══ RECORDS FOR THE TASK ══

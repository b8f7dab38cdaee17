//! The costs of one point.
ghost use Rattle.std.specs.Prelude.{◌≡◌, ◌≤◌, length};
ghost use Rattle.ct_vectors.specs.declared.limits.TheConstants.{COST_ROW_LIMIT};

use ct_vectors::limits::COST_ROW_LIMIT;
use std::marker::Model;

/// The costs of a point by one to eight rows, in the order of the rows. Clauses see the list of them.
///
/// It has room for eight in itself, 136 bytes.
#[derive(Clone, Copy, Debug, PartialEq, Eq)]
pub struct CostList {
    costs: [i128; COST_ROW_LIMIT],
    count: usize,
}

impl Model for CostList {
    ghost use Rattle.std.specs.Prelude.{◌≡◌, ◌≤◌, ℤ, List, length, take};
    ghost use Rattle.ct_vectors.specs.declared.limits.TheConstants.{COST_ROW_LIMIT};
    ghost use Rattle.std.proofs.Common.{sym};
    ghost use Rattle.std.proofs.lemmas.List.{length-take-le};
    ghost use Rattle.ct_order.specs.Costs.{padded};

    ghost Value = { List ℤ };

    ghost view = { λ c. take c.count c.costs };

    // What is kept behind the list is 0.
    ghost invariant = { λ c. (1 ≤ c.count) × (c.count ≤ COST_ROW_LIMIT) × (c.costs ≡ padded (take c.count c.costs)) × (c.count ≤ length c.costs) };

    ghost inverse = { λ l. record { costs = padded l; count = length l } };

    ghost inverse_ok = { λ c h i. record { costs = sym h.2 i; count = length-take-le c.count c.costs h.3 i } };
}

impl CostList {
    /// The list of these costs.
    pub fn new(costs: &[i128]) -> CostList
        requires some { 1 ≤ length costs.now }
        requires limit { length costs.now ≤ COST_ROW_LIMIT }
        ensures { result ≡ costs.now }
    {
        let mut kept = [0i128; COST_ROW_LIMIT];
        kept[..costs.len()].copy_from_slice(costs);
        CostList {
            costs: kept,
            count: costs.len(),
        }
    }

    /// The costs in order.
    pub fn as_slice(&self) -> &[i128]
        ensures costs { result.now ≡ self.now }
        ensures some { 1 ≤ length result.now }
        ensures limit { length result.now ≤ COST_ROW_LIMIT }
    {
        &self.costs[..self.count]
    }
}
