//! The parts of the refined order, and the order itself.
ghost use Rattle.std.specs.Prelude.{◌≡◌, ◌+◌, ◌-◌, ◌^◌, ◌<◌, ◌≤◌, [], length, map, slice_index_or, nat_abs, pos, ◌+ℤ◌, ◌*ℤ◌, All};
ghost use Rattle.ct_vectors.specs.Vectors.{total};
ghost use Rattle.ct_vectors.specs.declared.limits.TheConstants.{ROW_LIMIT, COLUMN_LIMIT, COST_LIMIT, JOB_GRADE_LIMIT};
ghost use Rattle.ct_order.specs.Order.{refined_order, art_total_of, cost_of, cost_order, first_difference};

use crate::cost_list::CostList;
use crate::costs::Costs;
use ct_vectors::limits::COST_ROW_LIMIT;
use std::cmp::Ordering;

/// The refined order of two points of one width, which have the columns of the costs and then 1 to 16 artificials. It
/// goes once over both for the artificial totals, once more for each row of costs as long as they tie, and once for
/// the first coordinate that differs. It takes no memory.
pub fn compare(costs: &Costs, p: &[u64], q: &[u64]) -> Ordering
    requires same_width { length p.now ≡ length q.now }
    requires some_artificial { costs.now.columns < length p.now }
    requires most_artificials { length p.now ≤ costs.now.columns + ROW_LIMIT }
    requires p_limit { All (λ x. x ≤ JOB_GRADE_LIMIT) p.now }
    requires q_limit { All (λ x. x ≤ JOB_GRADE_LIMIT) q.now }
    ensures { result ≡ refined_order costs.now.columns costs.now.rows p.now q.now }
{
    let by_artificials = art_total(costs, p).cmp(&art_total(costs, q));
    if by_artificials != Ordering::Equal {
        return by_artificials;
    }
    by_costs(costs, p, q)
}

/// The artificial total: the sum of the coordinates after those of the columns.
pub fn art_total(costs: &Costs, p: &[u64]) -> u64
    requires some_artificial { costs.now.columns < length p.now }
    requires most_artificials { length p.now ≤ costs.now.columns + ROW_LIMIT }
    requires limit { All (λ x. x ≤ JOB_GRADE_LIMIT) p.now }
    ensures { result ≡ art_total_of costs.now.columns p.now }
{
    sum(&p[costs.columns()..])
}

/// The cost of the coordinates of the columns by the row with this number, counted from 1. It is at most 64 times
/// 3.2 times 10^25 in size.
pub fn cost(costs: &Costs, row: usize, p: &[u64]) -> i128
    requires some_row { 1 ≤ row }
    requires row_limit { row ≤ length costs.now.rows }
    requires some_artificial { costs.now.columns < length p.now }
    requires most_artificials { length p.now ≤ costs.now.columns + ROW_LIMIT }
    requires limit { All (λ x. x ≤ JOB_GRADE_LIMIT) p.now }
    ensures { result ≡ cost_of (slice_index_or costs.now.rows (row - 1) []) p.now }
{
    weighted_sum(costs.row(row), p)
}

/// The costs of the coordinates of the columns by each row.
pub fn costs_of(costs: &Costs, p: &[u64]) -> CostList
    requires some_artificial { costs.now.columns < length p.now }
    requires most_artificials { length p.now ≤ costs.now.columns + ROW_LIMIT }
    requires limit { All (λ x. x ≤ JOB_GRADE_LIMIT) p.now }
    ensures { result ≡ map (λ row. cost_of row p.now) costs.now.rows }
{
    let mut found = [0i128; COST_ROW_LIMIT];
    let count = costs.row_count();
    for k in 0..count {
        found[k] = weighted_sum(costs.row(k + 1), p);
    }
    CostList::new(&found[..count])
}

/// The sum of the numbers.
pub fn sum(numbers: &[u64]) -> u64
    requires { total numbers.now < 2 ^ 64 }
    ensures { result ≡ total numbers.now }
{
    let mut sum = 0;
    for i in 0..numbers.len() {
        sum += numbers[i];
    }
    sum
}

// By the rows of costs in turn, and then by the first coordinate that differs.
fn by_costs(costs: &Costs, p: &[u64], q: &[u64]) -> Ordering
    requires same_width { length p.now ≡ length q.now }
    requires some_artificial { costs.now.columns < length p.now }
    requires p_limit { All (λ x. x ≤ JOB_GRADE_LIMIT) p.now }
    requires q_limit { All (λ x. x ≤ JOB_GRADE_LIMIT) q.now }
    ensures { result ≡ cost_order costs.now.rows p.now q.now }
{
    for k in 0..costs.row_count() {
        let row = costs.row(k + 1);
        let here = weighted_sum(row, p).cmp(&weighted_sum(row, q));
        if here != Ordering::Equal {
            return here;
        }
    }
    by_first_difference(p, q)
}

// The sum of cost times coordinate.
fn weighted_sum(costs: &[i64], p: &[u64]) -> i128
    requires columns { length costs.now ≤ COLUMN_LIMIT }
    requires width { length costs.now ≤ length p.now }
    requires cost_limit { All (λ x. nat_abs x ≤ COST_LIMIT) costs.now }
    requires limit { All (λ x. x ≤ JOB_GRADE_LIMIT) p.now }
    ensures { result ≡ cost_of costs.now p.now }
{
    let mut sum = 0i128;
    for i in 0..costs.len() {
        sum = with_product(sum, costs[i], p[i]);
    }
    sum
}

// The sum and one product more.
fn with_product(sum: i128, cost: i64, x: u64) -> i128
    requires room { nat_abs sum ≤ 2 ^ 126 }
    requires cost_limit { nat_abs cost ≤ COST_LIMIT }
    requires limit { x ≤ JOB_GRADE_LIMIT }
    ensures { result ≡ sum +ℤ (cost *ℤ pos x) }
{
    let product = cost as i128 * x as i128;
    sum + product
}

// By the first coordinate that differs.
fn by_first_difference(p: &[u64], q: &[u64]) -> Ordering
    requires { length p.now ≡ length q.now }
    ensures { result ≡ first_difference p.now q.now }
{
    for i in 0..p.len() {
        let here = p[i].cmp(&q[i]);
        if here != Ordering::Equal {
            return here;
        }
    }
    Ordering::Equal
}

═══

### [TASK BRIEF]
Pull out all lines from the entries above that include the word "itself".

### [SOLUTION BELOW]
/// It has room for eight in itself, 136 bytes.
//! The parts of the refined order, and the order itself.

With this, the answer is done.